Thermal power station
- Primary fuel: Bituminous coal
- Secondary fuel: Fuel oil

Power generation
- Nameplate capacity: 116 MW

= R. Paul Smith Power Station =

Former electric generating plant

The R. Paul Smith Power Station is a closed electric generating plant owned by FirstEnergy (formerly Allegheny Energy) in Williamsport, Maryland.

==Description==
The facility consists of 2 coal-fired steam generating units generating a total capacity of 116 MW. The units can use fuel oil as an alternate energy source. Condenser cooling for these units is accomplished with once-through cooling water from the Potomac River.

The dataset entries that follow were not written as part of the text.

//! Calls on the channel that carries the numbers.
ghost use Rattle.std.specs.Prelude.{◌≡◌, ◌^◌, ◌<◌, true};
ghost use Rattle.std.specs.Int.Bits.{bit_or};
ghost use Rattle.channel_model.specs.Answers.{OfferAnswer, TriedOfferAnswer, GotAnswer, TriedGotAnswer, SettleAnswer, LookAnswer, WithdrawAnswer};
ghost use Rattle.channel_model.specs.Answers.{CloseAnswer, WakeAnswer, VoidAnswer, DrainAnswer, IsOwn as IsOwnWaitOf, IsReady, IsSeenClosed};
ghost use Rattle.channel_model.specs.Answers.{IsSeenVoided};
ghost use Rattle.channel_model.specs.declared.acts.Why.TheVariants as why;
ghost use Rattle.cell_words.specs.Hubs.{IsOwn, SameGiving};
ghost use Rattle.cell_calls.specs.Desks.{desk_floor, desk_anchor};
ghost use Rattle.cell_calls.specs.HubFloors.{hub_floor};
ghost use Rattle.parcel_channel.specs.Numbers.{CarriesNumbers, AdmitsBelow, AdmitsAll, bit_for};

use cell_calls::Desk;
use cell_words::{Hub, Pass};
use channel_model::{
    AlreadyClosed, ChannelFloor, Got, Offered, Settled, TriedGot, TriedOffer, WaitState, Why,
    Withdrawn,
};
use co_base::{Place, Tag, Value, WaitId};

fn offer_on(desk: &mut Desk<'_>, who: Tag, value: Value) -> Offered
    requires channel { CarriesNumbers desk.old.hub.now }
    requires caller { (desk_floor desk.old).callers who ≡ true }
    ensures anchor { desk_anchor desk.new ≡ desk_anchor desk.old }
    ensures own { IsOwn desk.old.hub.now desk.new.pass.now who }
    ensures giving { SameGiving desk.old.pass.now desk.new.pass.now }
    ensures answer { OfferAnswer who 0 value (desk_floor desk.old) (hub_floor desk.old.hub.now desk.new.pass.now) result }
{
    desk.offer(who, 0, value)
}

/// Offers the number.
pub(crate) fn offer(hub: &Hub, pass: &mut Pass, who: Tag, value: Value) -> Offered
    requires channel { CarriesNumbers hub.now }
    requires own { IsOwn hub.now pass.old who }
    ensures own { IsOwn hub.now pass.new who }
    ensures giving { SameGiving pass.old pass.new }
    ensures answer { OfferAnswer who 0 value (hub_floor hub.now pass.old) (hub_floor hub.now pass.new) result }
{
    let mut desk = Desk { hub, pass };
    offer_on(&mut desk, who, value)
}

fn try_offer_on(desk: &mut Desk<'_>, who: Tag, value: Value) -> TriedOffer
    requires channel { CarriesNumbers desk.old.hub.now }
    requires caller { (desk_floor desk.old).callers who ≡ true }
    ensures anchor { desk_anchor desk.new ≡ desk_anchor desk.old }
    ensures own { IsOwn desk.old.hub.now desk.new.pass.now who }
    ensures giving { SameGiving desk.old.pass.now desk.new.pass.now }
    ensures answer { TriedOfferAnswer who 0 value (desk_floor desk.old) (hub_floor desk.old.hub.now desk.new.pass.now) result }
{
    desk.try_offer(who, 0, value)
}

/// Offers the number, unless it would have to wait.
pub(crate) fn try_offer(hub: &Hub, pass: &mut Pass, who: Tag, value: Value) -> TriedOffer
    requires channel { CarriesNumbers hub.now }
    requires own { IsOwn hub.now pass.old who }
    ensures own { IsOwn hub.now pass.new who }
    ensures giving { SameGiving pass.old pass.new }
    ensures answer { TriedOfferAnswer who 0 value (hub_floor hub.now pass.old) (hub_floor hub.now pass.new) result }
{
    let mut desk = Desk { hub, pass };
    try_offer_on(&mut desk, who, value)
}

fn receive_on(desk: &mut Desk<'_>, who: Tag) -> Got
    requires channel { CarriesNumbers desk.old.hub.now }
    requires caller { (desk_floor desk.old).callers who ≡ true }
    ensures anchor { desk_anchor desk.new ≡ desk_anchor desk.old }
    ensures own { IsOwn desk.old.hub.now desk.new.pass.now who }
    ensures giving { SameGiving desk.old.pass.now desk.new.pass.now }
    ensures answer { GotAnswer who 0 (desk_floor desk.old) (hub_floor desk.old.hub.now desk.new.pass.now) result }
{
    desk.receive(who, 0)
}

/// Receives a number, or waits for one.
pub(crate) fn receive(hub: &Hub, pass: &mut Pass, who: Tag) -> Got
    requires channel { CarriesNumbers hub.now }
    requires own { IsOwn hub.now pass.old who }
    ensures own { IsOwn hub.now pass.new who }
    ensures giving { SameGiving pass.old pass.new }
    ensures answer { GotAnswer who 0 (hub_floor hub.now pass.old) (hub_floor hub.now pass.new) result }
{
    let mut desk = Desk { hub, pass };
    receive_on(&mut desk, who)
}

fn try_receive_on(desk: &mut Desk<'_>, who: Tag) -> TriedGot
    requires channel { CarriesNumbers desk.old.hub.now }
    requires caller { (desk_floor desk.old).callers who ≡ true }
    ensures anchor { desk_anchor desk.new ≡ desk_anchor desk.old }
    ensures own { IsOwn desk.old.hub.now desk.new.pass.now who }
    ensures giving { SameGiving desk.old.pass.now desk.new.pass.now }
    ensures answer { TriedGotAnswer who 0 (desk_floor desk.old) (hub_floor desk.old.hub.now desk.new.pass.now) result }
{
    desk.try_receive(who, 0)
}

/// Receives a number, if one is there.
pub(crate) fn try_receive(hub: &Hub, pass: &mut Pass, who: Tag) -> TriedGot
    requires channel { CarriesNumbers hub.now }
    requires own { IsOwn hub.now pass.old who }
    ensures own { IsOwn hub.now pass.new who }
    ensures giving { SameGiving pass.old pass.new }
    ensures answer { TriedGotAnswer who 0 (hub_floor hub.now pass.old) (hub_floor hub.now pass.new) result }
{
    let mut desk = Desk { hub, pass };
    try_receive_on(&mut desk, who)
}

fn settle_on(desk: &mut Desk<'_>, who: Tag, w: WaitId, cancelled: bool) -> Settled
    requires channel { CarriesNumbers desk.old.hub.now }
    requires caller { (desk_floor desk.old).callers who ≡ true }
    requires wait { w.channel ≡ 0 }
    requires ready { IsReady who w (desk_floor desk.old) }
    ensures anchor { desk_anchor desk.new ≡ desk_anchor desk.old }
    ensures own { IsOwn desk.old.hub.now desk.new.pass.now who }
    ensures giving { SameGiving desk.old.pass.now desk.new.pass.now }
    ensures answer { SettleAnswer who w cancelled (desk_floor desk.old) (hub_floor desk.old.hub.now desk.new.pass.now) result }
{
    desk.settle(who, w, cancelled)
}

/// Settles the own wait at this place, which was seen resolved.
pub(crate) fn settle(hub: &Hub, pass: &mut Pass, who: Tag, w: WaitId, cancelled: bool) -> Settled
    requires channel { CarriesNumbers hub.now }
    requires own { IsOwn hub.now pass.old who }
    requires wait { w.channel ≡ 0 }
    requires ready { IsReady who w (hub_floor hub.now pass.old) }
    ensures own { IsOwn hub.now pass.new who }
    ensures giving { SameGiving pass.old pass.new }
    ensures answer { SettleAnswer who w cancelled (hub_floor hub.now pass.old) (hub_floor hub.now pass.new) result }
{
    let mut desk = Desk { hub, pass };
    settle_on(&mut desk, who, w, cancelled)
}

fn look_on(desk: &mut Desk<'_>, who: Tag, w: WaitId) -> WaitState
    requires channel { CarriesNumbers desk.old.hub.now }
    requires caller { (desk_floor desk.old).callers who ≡ true }
    requires wait { w.channel ≡ 0 }
    requires own_wait { IsOwnWaitOf who w (desk_floor desk.old) }
    ensures anchor { desk_anchor desk.new ≡ desk_anchor desk.old }
    ensures own { IsOwn desk.old.hub.now desk.new.pass.now who }
    ensures giving { SameGiving desk.old.pass.now desk.new.pass.now }
    ensures answer { LookAnswer who w (desk_floor desk.old) (hub_floor desk.old.hub.now desk.new.pass.now) result }
{
    desk.look(who, w)
}

/// How far the own wait is.
pub(crate) fn look(hub: &Hub, pass: &mut Pass, who: Tag, w: WaitId) -> WaitState
    requires channel { CarriesNumbers hub.now }
    requires own { IsOwn hub.now pass.old who }
    requires wait { w.channel ≡ 0 }
    requires own_wait { IsOwnWaitOf who w (hub_floor hub.now pass.old) }
    ensures own { IsOwn hub.now pass.new who }
    ensures giving { SameGiving pass.old pass.new }
    ensures answer { LookAnswer who w (hub_floor hub.now pass.old) (hub_floor hub.now pass.new) result }
{
    let mut desk = Desk { hub, pass };
    look_on(&mut desk, who, w)
}

fn withdraw_on(desk: &mut Desk<'_>, who: Tag, w: WaitId) -> Withdrawn
    requires channel { CarriesNumbers desk.old.hub.now }
    requires caller { (desk_floor desk.old).callers who ≡ true }
    requires wait { w.channel ≡ 0 }
    requires own_wait { IsOwnWaitOf who w (desk_floor desk.old) }
    ensures anchor { desk_anchor desk.new ≡ desk_anchor desk.old }
    ensures own { IsOwn desk.old.hub.now desk.new.pass.now who }
    ensures giving { SameGiving desk.old.pass.now desk.new.pass.now }
    ensures answer { WithdrawAnswer who w why.Cancelled (desk_floor desk.old) (hub_floor desk.old.hub.now desk.new.pass.now) result }
{
    desk.withdraw(who, w, Why::Cancelled)
}

/// Takes the own wait back, unless it was resolved before.
pub(crate) fn withdraw(hub: &Hub, pass: &mut Pass, who: Tag, w: WaitId) -> Withdrawn
    requires channel { CarriesNumbers hub.now }
    requires own { IsOwn hub.now pass.old who }
    requires wait { w.channel ≡ 0 }
    requires own_wait { IsOwnWaitOf who w (hub_floor hub.now pass.old) }
    ensures own { IsOwn hub.now pass.new who }
    ensures giving { SameGiving pass.old pass.new }
    ensures answer { WithdrawAnswer who w why.Cancelled (hub_floor hub.now pass.old) (hub_floor hub.now pass.new) result }
{
    let mut desk = Desk { hub, pass };
    withdraw_on(&mut desk, who, w)
}

fn close_on(desk: &mut Desk<'_>, who: Tag, v: Value) -> Result<(), AlreadyClosed>
    requires channel { CarriesNumbers desk.old.hub.now }
    requires caller { (desk_floor desk.old).callers who ≡ true }
    ensures anchor { desk_anchor desk.new ≡ desk_anchor desk.old }
    ensures own { IsOwn desk.old.hub.now desk.new.pass.now who }
    ensures giving { SameGiving desk.old.pass.now desk.new.pass.now }
    ensures answer { CloseAnswer who 0 v (desk_floor desk.old) (hub_floor desk.old.hub.now desk.new.pass.now) result }
{
    desk.close(who, 0, v)
}

/// Closes the channel with a value.
pub(crate) fn close(hub: &Hub, pass: &mut Pass, who: Tag, v: Value) -> Result<(), AlreadyClosed>
    requires channel { CarriesNumbers hub.now }
    requires own { IsOwn hub.now pass.old who }
    ensures own { IsOwn hub.now pass.new who }
    ensures giving { SameGiving pass.old pass.new }
    ensures answer { CloseAnswer who 0 v (hub_floor hub.now pass.old) (hub_floor hub.now pass.new) result }
{
    let mut desk = Desk { hub, pass };
    close_on(&mut desk, who, v)
}

fn wake_closed_on(desk: &mut Desk<'_>, who: Tag) -> Option<(Place, Tag)>
    requires channel { CarriesNumbers desk.old.hub.now }
    requires caller { (desk_floor desk.old).callers who ≡ true }
    requires closed { IsSeenClosed 0 (desk_floor desk.old) }
    ensures anchor { desk_anchor desk.new ≡ desk_anchor desk.old }
    ensures own { IsOwn desk.old.hub.now desk.new.pass.now who }
    ensures giving { SameGiving desk.old.pass.now desk.new.pass.now }
    ensures answer { WakeAnswer who 0 (desk_floor desk.old) (hub_floor desk.old.hub.now desk.new.pass.now) result }
{
    desk.wake_closed(who, 0)
}

/// Tells the first receiver of a channel that was seen closed.
pub(crate) fn wake_closed(hub: &Hub, pass: &mut Pass, who: Tag) -> Option<(Place, Tag)>
    requires channel { CarriesNumbers hub.now }
    requires own { IsOwn hub.now pass.old who }
    requires closed { IsSeenClosed 0 (hub_floor hub.now pass.old) }
    ensures own { IsOwn hub.now pass.new who }
    ensures giving { SameGiving pass.old pass.new }
    ensures answer { WakeAnswer who 0 (hub_floor hub.now pass.old) (hub_floor hub.now pass.new) result }
{
    let mut desk = Desk { hub, pass };
    wake_closed_on(&mut desk, who)
}

fn void_on(desk: &mut Desk<'_>, who: Tag) -> bool
    requires channel { CarriesNumbers desk.old.hub.now }
    requires caller { (desk_floor desk.old).callers who ≡ true }
    requires closed { IsSeenClosed 0 (desk_floor desk.old) }
    ensures anchor { desk_anchor desk.new ≡ desk_anchor desk.old }
    ensures own { IsOwn desk.old.hub.now desk.new.pass.now who }
    ensures giving { SameGiving desk.old.pass.now desk.new.pass.now }
    ensures answer { VoidAnswer who 0 (desk_floor desk.old) (hub_floor desk.old.hub.now desk.new.pass.now) result }
{
    desk.void(who, 0)
}

/// Cancels a channel that was seen closed.
pub(crate) fn void(hub: &Hub, pass: &mut Pass, who: Tag) -> bool
    requires channel { CarriesNumbers hub.now }
    requires own { IsOwn hub.now pass.old who }
    requires closed { IsSeenClosed 0 (hub_floor hub.now pass.old) }
    ensures own { IsOwn hub.now pass.new who }
    ensures giving { SameGiving pass.old pass.new }
    ensures answer { VoidAnswer who 0 (hub_floor hub.now pass.old) (hub_floor hub.now pass.new) result }
{
    let mut desk = Desk { hub, pass };
    void_on(&mut desk, who)
}

fn drain_on(desk: &mut Desk<'_>, who: Tag) -> Option<(Place, Value, Option<Tag>)>
    requires channel { CarriesNumbers desk.old.hub.now }
    requires caller { (desk_floor desk.old).callers who ≡ true }
    requires voided { IsSeenVoided 0 (desk_floor desk.old) }
    ensures anchor { desk_anchor desk.new ≡ desk_anchor desk.old }
    ensures own { IsOwn desk.old.hub.now desk.new.pass.now who }
    ensures giving { SameGiving desk.old.pass.now desk.new.pass.now }
    ensures answer { DrainAnswer who 0 (desk_floor desk.old) (hub_floor desk.old.hub.now desk.new.pass.now) result }
{
    desk.drain(who, 0)
}

/// Removes the first number of a channel that was seen cancelled.
pub(crate) fn drain(hub: &Hub, pass: &mut Pass, who: Tag) -> Option<(Place, Value, Option<Tag>)>
    requires channel { CarriesNumbers hub.now }
    requires own { IsOwn hub.now pass.old who }
    requires voided { IsSeenVoided 0 (hub_floor hub.now pass.old) }
    ensures own { IsOwn hub.now pass.new who }
    ensures giving { SameGiving pass.old pass.new }
    ensures answer { DrainAnswer who 0 (hub_floor hub.now pass.old) (hub_floor hub.now pass.new) result }
{
    let mut desk = Desk { hub, pass };
    drain_on(&mut desk, who)
}

/// The bit of a tag.
fn bit_of(tag: Tag) -> u32
    ensures bit { result ≡ bit_for tag }
    ensures few { result < 64 }
{
    if tag < 63 {
        return tag as u32;
    }
    63
}

/// The set, with this tag.
fn with_tag(set: u64, tag: Tag) -> u64
    ensures { result ≡ bit_or set (2 ^ bit_for tag) }
{
    let bit = bit_of(tag);
    set | (1u64 << bit)
}

/// Admits each offer below the mark for which the channel has room: the set of those whose offers they were.
fn admit_below(desk: &mut Desk<'_>, who: Tag, mark: Place) -> u64
    requires channel { CarriesNumbers desk.old.hub.now }
    requires caller { (desk_floor desk.old).callers who ≡ true }
    ensures anchor { desk_anchor desk.new ≡ desk_anchor desk.old }
    ensures admits { AdmitsBelow who mark result (desk_floor desk.old) (desk_floor desk.new) }
{
    let mut set = 0;
    loop {
        match desk.admit(who, 0, mark) {
            None => return set,
            Some(found) => {
                let more = with_tag(set, found.1);
                set = more;
            }
        }
    }
}

fn admit_on(desk: &mut Desk<'_>, who: Tag) -> u64
    requires channel { CarriesNumbers desk.old.hub.now }
    requires caller { (desk_floor desk.old).callers who ≡ true }
    ensures anchor { desk_anchor desk.new ≡ desk_anchor desk.old }
    ensures own { IsOwn desk.old.hub.now desk.new.pass.now who }
    ensures giving { SameGiving desk.old.pass.now desk.new.pass.now }
    ensures admits { AdmitsAll who result (desk_floor desk.old) (hub_floor desk.old.hub.now desk.new.pass.now) }
{
    let mark = desk.mark(who, 0);
    admit_below(desk, who, mark)
}

/// Admits each offer that came before this call and for which the channel has room: the set of those whose offers they were.
pub(crate) fn admit(hub: &Hub, pass: &mut Pass, who: Tag) -> u64
    requires channel { CarriesNumbers hub.now }
    requires own { IsOwn hub.now pass.old who }
    ensures own { IsOwn hub.now pass.new who }
    ensures giving { SameGiving pass.old pass.new }
    ensures admits { AdmitsAll who result (hub_floor hub.now pass.old) (hub_floor hub.now pass.new) }
{
    let mut desk = Desk { hub, pass };
    admit_on(&mut desk, who)
}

The plant is located on land in between the Potomac River and the Chesapeake and Ohio Canal, north of Lock 44 of the canal. Coal was delivered to the plant originally by rail until the mid-1950s, and intermittently by rail and trucks until late 1974 when all coal deliveries were diverted to trucks. Coal ash from the plant was disposed at ash ponds in West Virginia, across the river from the plant.

The plant is subject to the federal Clean Air Act. Because of the age of the power plant units, and the need to maintain the plant's capabilities to ensure reliability of the regional power grid, the Maryland Department of the Environment (MDE) had exempted the plant from compliance with a state law, the Healthy Air Act, which sets stringent air pollution limits for sulfur oxide and NOx. However, FirstEnergy decided to cease plant operations in 2012, and in 2013 MDE proposed reinstating the stringent state emission requirements, in case the plant resumes operations in the future.

==History==
Construction of the first power plant at Williamsport began in 1922 by the Potomac Public Service Company. In 1923, the company became part of the Potomac Edison Company; formerly known as the Hagerstown and Frederick Railway. In 1925, Potomac Edison joined West Penn Electric Company. The first generating unit began service in 1927. Coal was delivered to the plant by the Western Maryland Railway. The plant was named for R. Paul Smith, the company's first president.

The 1927 unit was replaced by a new unit in 1947 with a nameplate capacity of 34.5 MW. An additional 75 MW operating unit was constructed in 1958. In 1960 the West Penn Electric Company was renamed Allegheny Power System, Inc. Circa 1970 the plant began to receive coal deliveries by truck, and rail deliveries ended.

On January 26, 2012 parent company FirstEnergy announced that the station would be closed due to the cost of retrofitting the plant to comply with environmental regulations due to take effect in 2015. The R. Paul Smith station was one of six FirstEnergy stations to be retired in 2012. In its last years the plant was operated intermittently. FirstEnergy ceased plant operations on September 1, 2012.